A total of 98 faecal samples from captive specimens of Iberian lynx were collected and analysed for enterococci (96 isolates) and Escherichia coli (90 isolates) recovery. These 186 isolates were tested for antimicrobial resistance, molecular mechanisms of resistance, and detection of virulence genes. Among the enterococci, Enterococcus hirae was the most prevalent species (35 isolates), followed by Enterococcus faecalis (30 isolates), Enterococcus faecium (27 isolates), and Enterococcus durans (4 isolates). High rates of resistance to tetracycline, erythromycin and high-level-kanamycin were detected among enterococcal isolates (41%, 26%, and 19%, respectively). The tet(M) and/or tet(L), erm(B), aac(6)-Ie-aph(2)-Ia, ant(6)-Ia, or aph(3)-IIIa genes were detected among resistant enterococci. Likewise, high rates of resistance were detected in E. coli isolates to tetracycline, streptomycin, sulfamethoxazole-trimethoprim (SXT), nalidixic acid, ampicillin, and ciprofloxacin (34%, 28%, 26%, 21%, 17%, and 16%, respectively). Furthermore, the blaTEM or blaSHV, tet(A) and/or tet(B), aadA or strA-strB, aac(3)-II and/or aac(3)-IV, and different combinations of sul genes were detected among most resistant isolates.
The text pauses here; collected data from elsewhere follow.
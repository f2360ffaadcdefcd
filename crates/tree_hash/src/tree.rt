// The tree over the chunks of a list of bytes.
ghost use Rattle.std.specs.Prelude.{◌≡◌, ℕ, ◌+◌, ◌*◌, ◌/◌, ◌^◌, ◌<◌, ◌≤◌, length};
ghost use Rattle.tree_hash.specs.TreeHash.{blake3, value, words_bytes};

use crate::block::{flagged_chunk, flagged_parent};

// The height of the left part of more bytes than a chunk: it holds 2 ^ height chunks, the greatest power
// of two that leaves at least one byte for the right.
fn left_height(len: usize) -> u32
    requires long { 1024 < len }
    requires fits { len < 2 ^ 63 }
    ensures leaves { 1024 * 2 ^ result < len }
    ensures greatest { len ≤ 1024 * 2 ^ (result + 1) }
    ensures small { result < 53 }
{
    let mut height = 0;
    let mut left = 1024;
    'doubling: while 2 * left < len {
        left *= 2;
        height += 1;
    }
    height
}

// The value of bytes whose first chunk has the number `number`; `flag` is ROOT, 8, or 0.
fn value(bytes: &[u8], number: u64, flag: u32) -> [u32; 8]
    requires flag { flag ≤ 8 }
    requires number { 1024 * number + length bytes.now < 2 ^ 63 }
    ensures { result ≡ value bytes.now number flag }
{
    if bytes.len() <= 1024 {
        return flagged_chunk(bytes, number, flag);
    }
    let chunks = 1usize << left_height(bytes.len());
    let left = value(&bytes[..1024 * chunks], number, 0);
    let right = value(&bytes[1024 * chunks..], number + chunks as u64, 0);
    flagged_parent(&left, &right, flag)
}

/// The 32 bytes of a value, its words low byte first (BLAKE3 specification, section 2.6).
pub fn bytes_of(words: &[u32; 8]) -> [u8; 32]
    ensures { result ≡ words_bytes words.now }
{
    let mut out = [0u8; 32];
    'words: for i in 0..8 {
        out[4 * i..4 * i + 4].copy_from_slice(&words[i].to_le_bytes());
    }
    out
}

/// The BLAKE3 hash of the bytes (hash mode, 32 bytes), computed by the recursion of the definition, without
/// care for speed.
#[tactic(auto, unfolding(crate::specs::TreeHash::blake3))]
pub fn plain_hash(bytes: &[u8]) -> [u8; 32]
    ensures { result ≡ blake3 bytes.now }
{
    bytes_of(&value(bytes, 0, 8))
}
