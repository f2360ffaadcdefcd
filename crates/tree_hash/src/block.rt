// The compression of one block, and the values of a chunk and of a parent.
ghost use Rattle.std.specs.Prelude.{◌≡◌, ℕ, ◌+◌, ◌-◌, ◌*◌, ◌/◌, ◌%◌, ◌^◌, ◌<◌, ◌≤◌, length};
ghost use Rattle.tree_hash.specs.TreeHash.{block_words, chunk_value, compress, compress_words, folded, half_mix, mix, padded, parent_value, permute, round, start_flag, start_state, word_at};

const IV: [u32; 8] = [
    0x6A09E667, 0xBB67AE85, 0x3C6EF372, 0xA54FF53A, 0x510E527F, 0x9B05688C, 0x1F83D9AB, 0x5BE0CD19,
];

// Half of the function G (BLAKE3 specification, section 2.2).
#[tactic(auto, unfolding(crate::specs::TreeHash::half_mix))]
#[inline(always)]
fn half_mix(v: &mut [u32; 16], a: usize, b: usize, c: usize, d: usize, x: u32, r: u32, s: u32)
    requires a_in { a < 16 }
    requires b_in { b < 16 }
    requires c_in { c < 16 }
    requires d_in { d < 16 }
    ensures { v.new ≡ half_mix v.old a b c d x r s }
{
    v[a] = v[a].wrapping_add(v[b]).wrapping_add(x);
    v[d] = (v[d] ^ v[a]).rotate_right(r);
    v[c] = v[c].wrapping_add(v[d]);
    v[b] = (v[b] ^ v[c]).rotate_right(s);
}

#[tactic(auto, unfolding(crate::specs::TreeHash::mix))]
#[inline(always)]
fn mix(v: &mut [u32; 16], a: usize, b: usize, c: usize, d: usize, x: u32, y: u32)
    requires a_in { a < 16 }
    requires b_in { b < 16 }
    requires c_in { c < 16 }
    requires d_in { d < 16 }
    ensures { v.new ≡ mix v.old a b c d x y }
{
    half_mix(v, a, b, c, d, x, 16, 12);
    half_mix(v, a, b, c, d, y, 8, 7);
}

#[tactic(auto, unfolding(crate::specs::TreeHash::round))]
#[inline(always)]
fn round(v: &mut [u32; 16], m: &[u32; 16])
    ensures { v.new ≡ round v.old m.now }
{
    mix(v, 0, 4, 8, 12, m[0], m[1]);
    mix(v, 1, 5, 9, 13, m[2], m[3]);
    mix(v, 2, 6, 10, 14, m[4], m[5]);
    mix(v, 3, 7, 11, 15, m[6], m[7]);
    mix(v, 0, 5, 10, 15, m[8], m[9]);
    mix(v, 1, 6, 11, 12, m[10], m[11]);
    mix(v, 2, 7, 8, 13, m[12], m[13]);
    mix(v, 3, 4, 9, 14, m[14], m[15]);
}

#[tactic(auto, unfolding(crate::specs::TreeHash::permute))]
#[inline(always)]
fn permute(m: &[u32; 16]) -> [u32; 16]
    ensures { result ≡ permute m.now }
{
    [
        m[2], m[6], m[3], m[10], m[7], m[0], m[4], m[13], m[1], m[11], m[12], m[5], m[9], m[14],
        m[15], m[8],
    ]
}

#[inline(always)]
fn load_le(block: &[u8], i: usize) -> u32
    requires { i + 4 ≤ length block.now }
    ensures { result ≡ word_at block.now i }
{
    u32::from_le_bytes([block[i], block[i + 1], block[i + 2], block[i + 3]])
}

#[tactic(auto, unfolding(crate::specs::TreeHash::block_words))]
#[inline(always)]
fn block_words(block: &[u8]) -> [u32; 16]
    requires { length block.now ≡ 64 }
    ensures { result ≡ block_words block.now }
{
    [
        load_le(block, 0),
        load_le(block, 4),
        load_le(block, 8),
        load_le(block, 12),
        load_le(block, 16),
        load_le(block, 20),
        load_le(block, 24),
        load_le(block, 28),
        load_le(block, 32),
        load_le(block, 36),
        load_le(block, 40),
        load_le(block, 44),
        load_le(block, 48),
        load_le(block, 52),
        load_le(block, 56),
        load_le(block, 60),
    ]
}

#[inline(always)]
fn start_state(h: &[u32; 8], counter: u64, len: u32, flags: u32) -> [u32; 16]
    ensures { result ≡ start_state h.now counter len flags }
{
    let low = (counter % 0x1_0000_0000) as u32;
    let high = (counter / 0x1_0000_0000) as u32;
    [
        h[0], h[1], h[2], h[3], h[4], h[5], h[6], h[7], 0x6A09E667, 0xBB67AE85, 0x3C6EF372,
        0xA54FF53A, low, high, len, flags,
    ]
}

#[tactic(auto, unfolding(crate::specs::TreeHash::folded))]
#[inline(always)]
fn folded(v: &[u32; 16]) -> [u32; 8]
    ensures { result ≡ folded v.now }
{
    [
        v[0] ^ v[8],
        v[1] ^ v[9],
        v[2] ^ v[10],
        v[3] ^ v[11],
        v[4] ^ v[12],
        v[5] ^ v[13],
        v[6] ^ v[14],
        v[7] ^ v[15],
    ]
}

#[tactic(auto, unfolding(crate::specs::TreeHash::compress_words, crate::specs::TreeHash::rounds))]
#[inline(always)]
fn compress_words(h: &[u32; 8], m: &[u32; 16], counter: u64, len: u32, flags: u32) -> [u32; 8]
    ensures { result ≡ compress_words h.now m.now counter len flags }
{
    let mut v = start_state(h, counter, len, flags);
    round(&mut v, m);
    let m = permute(m);
    round(&mut v, &m);
    let m = permute(&m);
    round(&mut v, &m);
    let m = permute(&m);
    round(&mut v, &m);
    let m = permute(&m);
    round(&mut v, &m);
    let m = permute(&m);
    round(&mut v, &m);
    let m = permute(&m);
    round(&mut v, &m);
    folded(&v)
}

/// The compression of a block (BLAKE3 specification, section 2.2), cut to eight words: `cv` is the chaining value,
/// `counter` the chunk's number, `len` the block's length in bytes before it was filled with zeros, and `flags` the
/// sum of its flags.
pub fn compress(cv: &[u32; 8], block: &[u8; 64], counter: u64, len: u32, flags: u32) -> [u32; 8]
    ensures { result ≡ compress cv.now block.now counter len flags }
{
    compress_words(cv, &block_words(block), counter, len, flags)
}

#[inline(always)]
fn compress_block(h: &[u32; 8], block: &[u8], counter: u64, len: u32, flags: u32) -> [u32; 8]
    requires { length block.now ≡ 64 }
    ensures { result ≡ compress h.now block.now counter len flags }
{
    compress_words(h, &block_words(block), counter, len, flags)
}

// The bytes, and zeros up to a whole block.
fn padded(bytes: &[u8]) -> [u8; 64]
    requires { length bytes.now ≤ 64 }
    ensures { result ≡ padded bytes.now }
{
    let mut block = [0u8; 64];
    block[..bytes.len()].copy_from_slice(bytes);
    block
}

// CHUNK_START for the first block of a chunk.
fn start_flag(k: usize) -> u32
    ensures value { result ≡ start_flag k }
    ensures small { result ≤ 1 }
{
    if k == 0 { 1 } else { 0 }
}

/// The value of the chunk with the number `number` (BLAKE3 specification, section 2.4); `root` is the flag ROOT, 8, or 0.
pub fn flagged_chunk(bytes: &[u8], number: u64, root: u32) -> [u32; 8]
    requires len { length bytes.now ≤ 1024 }
    requires root { root ≤ 8 }
    ensures { result ≡ chunk_value bytes.now number root }
{
    let whole = bytes.len().saturating_sub(1) / 64;
    let mut h = IV;
    for k in 0..whole {
        h = compress_block(&h, &bytes[64 * k..64 * k + 64], number, 64, start_flag(k));
    }
    let last = &bytes[64 * whole..];
    compress_block(
        &h,
        &padded(last),
        number,
        last.len() as u32,
        start_flag(whole) + 2 + root,
    )
}

/// The chaining value of the chunk with the number `number` that isn't the root (BLAKE3 specification, section 2.4).
pub fn chunk_value(chunk: &[u8], number: u64) -> [u32; 8]
    requires some { 1 ≤ length chunk.now }
    requires len { length chunk.now ≤ 1024 }
    ensures { result ≡ chunk_value chunk.now number 0 }
{
    flagged_chunk(chunk, number, 0)
}

/// The value of a parent (BLAKE3 specification, section 2.5); `root` is the flag ROOT, 8, or 0.
#[tactic(auto, unfolding(crate::specs::TreeHash::parent_value))]
pub fn flagged_parent(left: &[u32; 8], right: &[u32; 8], root: u32) -> [u32; 8]
    requires { root ≤ 8 }
    ensures { result ≡ parent_value left.now right.now root }
{
    let m = [
        left[0], left[1], left[2], left[3], left[4], left[5], left[6], left[7], right[0], right[1],
        right[2], right[3], right[4], right[5], right[6], right[7],
    ];
    compress_words(&IV, &m, 0, 64, 4 + root)
}

/// The chaining value of a parent that isn't the root (BLAKE3 specification, section 2.5).
pub fn parent_value(left: &[u32; 8], right: &[u32; 8]) -> [u32; 8]
    ensures { result ≡ parent_value left.now right.now 0 }
{
    flagged_parent(left, right, 0)
}
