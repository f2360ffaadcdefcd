//! What holds of the value of every list of bytes: the two equations of the tree (BLAKE3 specification, section 2.1).

ghost use Rattle.std.specs.Prelude.{◌≡◌, ℕ, ◌+◌, ◌*◌, ◌^◌, ◌<◌, ◌≤◌, List, length, take, drop};
ghost use Rattle.tree_hash.specs.TreeHash.{IsLeft, chunk_value, parent_value, value};

/// Proves that the value of at most 1,024 bytes is that of their one chunk. It does nothing.
pub fn one_chunk()
    ensures { (b : List ℕ) (n flag : ℕ) → length b ≤ 1024 → value b n flag ≡ chunk_value b n flag }
{}

/// Proves that the value of more bytes is that of the parent of two parts: to the left the greatest power of two of
/// whole chunks that leaves a byte, and to the right each other byte; and that there is such a power. It does nothing.
pub fn left_and_right()
    ensures cut { (b : List ℕ) (n flag d : ℕ) → IsLeft d (length b)
        → value b n flag ≡ parent_value (value (take (1024 * 2 ^ d) b) n 0) (value (drop (1024 * 2 ^ d) b) (n + 2 ^ d) 0) flag }
    ensures some { (len : ℕ) → 1024 < len → (d : ℕ) × IsLeft d len }
{}
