//! The BLAKE3 hash of a list of bytes: its definition, in `specs/TreeHash.antt`; the compression, and the values of a
//! chunk and of a parent, for the crates above; and a plain program that computes the hash by the definition's own
//! recursion. Faster programs are compared with this one. No call takes memory.
#![tactic(auto)]

mod block;
mod laws;
mod tree;

pub use block::{chunk_value, compress, flagged_chunk, flagged_parent, parent_value};
pub use laws::{left_and_right, one_chunk};
pub use tree::{bytes_of, plain_hash};
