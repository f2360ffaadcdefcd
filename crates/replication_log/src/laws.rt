// Laws of the definitions.
ghost use Rattle.replication_log.specs.Readers.{NewLogIsEmpty, LogKeepsNewest, ReaderMissesNothing, ReaderReadsAll, PageGoesOn};

/// A log has the newest of all events that were ever added to it.
pub fn a_log_keeps_the_newest()
    ensures new { NewLogIsEmpty }
    ensures newest { LogKeepsNewest }
{}

/// A reader that goes on from the last number of each page reads every event once, and stands still where it is told
/// that it can't. Each page takes it on by as many events as it asked for, or to the last number.
pub fn a_reader_misses_nothing()
    ensures once { ReaderMissesNothing }
    ensures all { ReaderReadsAll }
    ensures forward { PageGoesOn }
{}
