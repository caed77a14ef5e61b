//! The command line: what it asks for, and what one comes to that starts nothing.
ghost use Rattle.std.specs.Prelude.{◌≡◌, ◌≢◌, ◌⊎◌};
ghost use Rattle.clap.specs.Values.{kind_of};
ghost use Rattle.clap.specs.declared.error.ErrorKind.TheVariants.{DisplayHelp, DisplayVersion};

mod books;
mod escape;
mod examples;
mod questions;
mod services;

pub use books::BookWords;
use clap::{Arg, ArgMatches, Command, Error};
pub use escape::filters_among;
pub use examples::example_of;
pub use questions::{MayWords, PolicyWords};
use sng_operator::{VERSION, Words as ServeWords};
use sng_script::Status;
use std::alloc::{AllocError, Global};

/// What the command line asks for.
#[derive(Drop)]
pub enum Chosen<'a> {
    /// Plays a script from standard input.
    Play,
    /// Checks a book from standard input against the script of this file.
    Check(&'a str),
    /// Checks the books on disk at these paths.
    CheckBooks(Vec<&'a str>),
    /// Tells what was decided, by books on disk or rows.
    Book(BookWords<'a>),
    /// Answers whether a filter is covered by granted ones.
    Cover,
    /// Answers what a policy says to a question.
    May(MayWords<'a>),
    /// Checks a policy, or prints its canonical text.
    Policy(PolicyWords<'a>),
    /// Serves between devices and a broker.
    Serve(ServeWords<'a>),
    /// Tells how the gateway stands that serves its figures at this address.
    Status(&'a str),
    /// Serves MQTT clients at this address, for tests.
    Broker(&'a str),
}

/// What the words ask for, of which the first is the program's name. An `Err` is what is wrong with them, or
/// the help that they ask for.
pub fn read_command(alloc: Global, words: &[String]) -> Result<Chosen<'_>, Error> {
    let matches = program(alloc)?.try_get_matches_from(words)?;
    Ok(choice(alloc, &matches)?)
}

/// What was matched. Those of its words that are required are there.
fn choice<'a>(alloc: Global, matches: &ArgMatches<'a>) -> Result<Chosen<'a>, AllocError> {
    match matches.subcommand() {
        Some(("check", asked)) => check_choice(alloc, asked),
        Some(("book", asked)) => Ok(Chosen::Book(books::book_words(alloc, asked)?)),
        Some(("cover", _)) => Ok(Chosen::Cover),
        Some(("may", asked)) => Ok(Chosen::May(questions::may_words(asked))),
        Some(("policy", asked)) => Ok(Chosen::Policy(questions::policy_words(asked))),
        Some(("serve", asked)) => Ok(Chosen::Serve(services::serve_words(asked))),
        Some(("status", asked)) => Ok(Chosen::Status(services::status_word(asked))),
        Some(("broker", asked)) => Ok(Chosen::Broker(services::broker_word(asked))),
        _ => Ok(Chosen::Play),
    }
}

/// What `sng check ..` asks for.
fn check_choice<'a>(alloc: Global, asked: &ArgMatches<'a>) -> Result<Chosen<'a>, AllocError> {
    match books::paths(alloc, asked)? {
        Some(paths) => Ok(Chosen::CheckBooks(paths)),
        None => Ok(Chosen::Check(books::script_word(asked))),
    }
}

// Each `?` below finds nothing alive but what it takes: a command that is dropped at many exits is dear to
// check.

/// All that the program understands.
fn program<'a>(alloc: Global) -> Result<Command<'a>, AllocError> {
    let command = Command::new(alloc, "sng")
        .about("A gateway from MQTT-SN 1.2 to MQTT 3.1.1")
        .version(VERSION)
        .subcommand_required(true);
    let command = books::with_books(alloc, command)?;
    let command = questions::with_questions(alloc, command)?;
    services::with_services(alloc, command)
}

/// The command with one more below it.
fn with<'a>(
    command: Command<'a>,
    more: Result<Command<'a>, AllocError>,
) -> Result<Command<'a>, AllocError> {
    match more {
        Ok(more) => command.subcommand(more),
        Err(error) => Err(error),
    }
}

/// The command with one more word.
fn with_word<'a>(
    command: Command<'a>,
    word: Result<Arg<'a>, AllocError>,
) -> Result<Command<'a>, AllocError> {
    match word {
        Ok(word) => command.arg(word),
        Err(error) => Err(error),
    }
}

/// What a command line comes to that starts nothing: help that was asked for, or a fault.
pub fn status_of(error: &Error) -> Status
    ensures help { (kind_of error.now ≡ DisplayHelp) ⊎ (kind_of error.now ≡ DisplayVersion)
        → result ≡ Status.Done }
    ensures fault { kind_of error.now ≢ DisplayHelp → kind_of error.now ≢ DisplayVersion
        → result ≡ Status.BadCommandLine }
{
    if error.use_stderr() {
        Status::BadCommandLine
    } else {
        Status::Done
    }
}
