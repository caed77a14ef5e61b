//! What is printed where a command was not run.
use crate::command::{example_of, status_of};
use clap::Error;
use clap::error::ErrorKind;
use sng_script::Status;
use sng_script::ending::ended;

/// Prints help that was asked for on standard output, or what is wrong with the command line on standard
/// error, there with a command line behind it that works, of the command that the word names.
pub fn report<R: Print + Eprint>(rt: &R, error: &Error, command: &str) -> Status {
    if error.kind() == ErrorKind::OutOfMemory {
        return out_of_memory(rt);
    }
    let printed = error.print(rt);
    if error.use_stderr() {
        let _ = rt.eprintln(format_args!("For example: sng {}", example_of(command)));
    }
    ended(status_of(error), printed.is_ok())
}

/// Prints that an allocation failed.
pub fn out_of_memory<R: Print>(rt: &R) -> Status {
    let printed = rt.println("out of memory");
    ended(Status::OutOfMemory, printed.is_ok())
}
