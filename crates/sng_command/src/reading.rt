//! The words of the command line as they came, which need not be UTF-8: of a word that is not a valid filter
//! the place is reported.

use sng_text::Octets;
use std::alloc::{AllocError, Global};
use std::env::FillError;
use std::rt::Env;

/// How many bytes a word has at most that is read at the first try.
const USUAL_BYTES: usize = 4096;

/// All words, of which the first is the program's name. Only memory can fail.
pub fn words<R: Env + AllocGlobal>(rt: &R) -> Result<Vec<Octets>, AllocError> {
    let alloc = rt.alloc();
    let mut words = Vec::new(alloc);
    for place in 0..usize::MAX {
        match word(rt, alloc, place)? {
            None => break,
            Some(word) => words.push(word)?,
        }
    }
    Ok(words)
}

/// The word at the place, where there is one.
fn word<R: Env>(rt: &R, alloc: Global, place: usize) -> Result<Option<Octets>, AllocError> {
    let mut size = USUAL_BYTES;
    for _ in 0..usize::BITS {
        let mut buffer = vec![in alloc; 0; size]?;
        match rt.arg(place, buffer.as_mut_slice()) {
            Ok(count) => {
                buffer.truncate(count);
                return Ok(Some(Octets::from(buffer)));
            }
            Err(FillError::NotPresent) => return Ok(None),
            Err(FillError::TooLong) => size = size.saturating_mul(2),
        }
    }
    Err(AllocError)
}

/// The words as texts, with U+FFFD for what is no UTF-8: by these the command line is read.
pub fn texts(alloc: Global, words: &[Octets]) -> Result<Vec<String>, AllocError> {
    let mut texts = Vec::with_capacity(alloc, words.len())?;
    for word in words {
        texts.push(String::from_utf8_lossy(alloc, word.as_slice())?)?;
    }
    Ok(texts)
}
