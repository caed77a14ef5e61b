//! The command line of `sng`: its words, what they ask for, and what is printed where they ask for nothing that
//! can be run.
#![tactic(auto)]

mod command;
mod reading;
mod reporting;

pub use command::{BookWords, Chosen, MayWords, PolicyWords, filters_among, read_command};
pub use reading::{texts, words};
pub use reporting::{out_of_memory, report};
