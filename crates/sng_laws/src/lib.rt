//! What a reader of the audit book sees who looks back through its rows, and the laws in those words: what
//! the gateway promises. There are definitions alone here, in specs/, and no proof: that every lawful history
//! keeps these laws is proved in `sng_promise`. Of the machine of `sng_history` they cite its limits and
//! eight names, as the types of what is kept of a client and of the link, and how a will is stated.
#![tactic(auto)]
Fifteen isolates contained class 1 and/or class 2 integrons and 3 different gene cassette arrays were identified (aadA1, dfrA1+aadA1, and estX+psp+aadA2). The E. coli isolates were ascribed to phylo-groups A (12%); B1 (40%); B2 (37%), and D (11%), being  fimA the most prevalent virulence gene (n=84), followed by aer (n=13), cnf1 (n=13), papC (n=10) and papG-allele III (n=9). This study showed specimens of Iberian lynx acting as reservoirs of resistance genes, and in future (re)introductions they could spread resistant bacteria throughout the environment.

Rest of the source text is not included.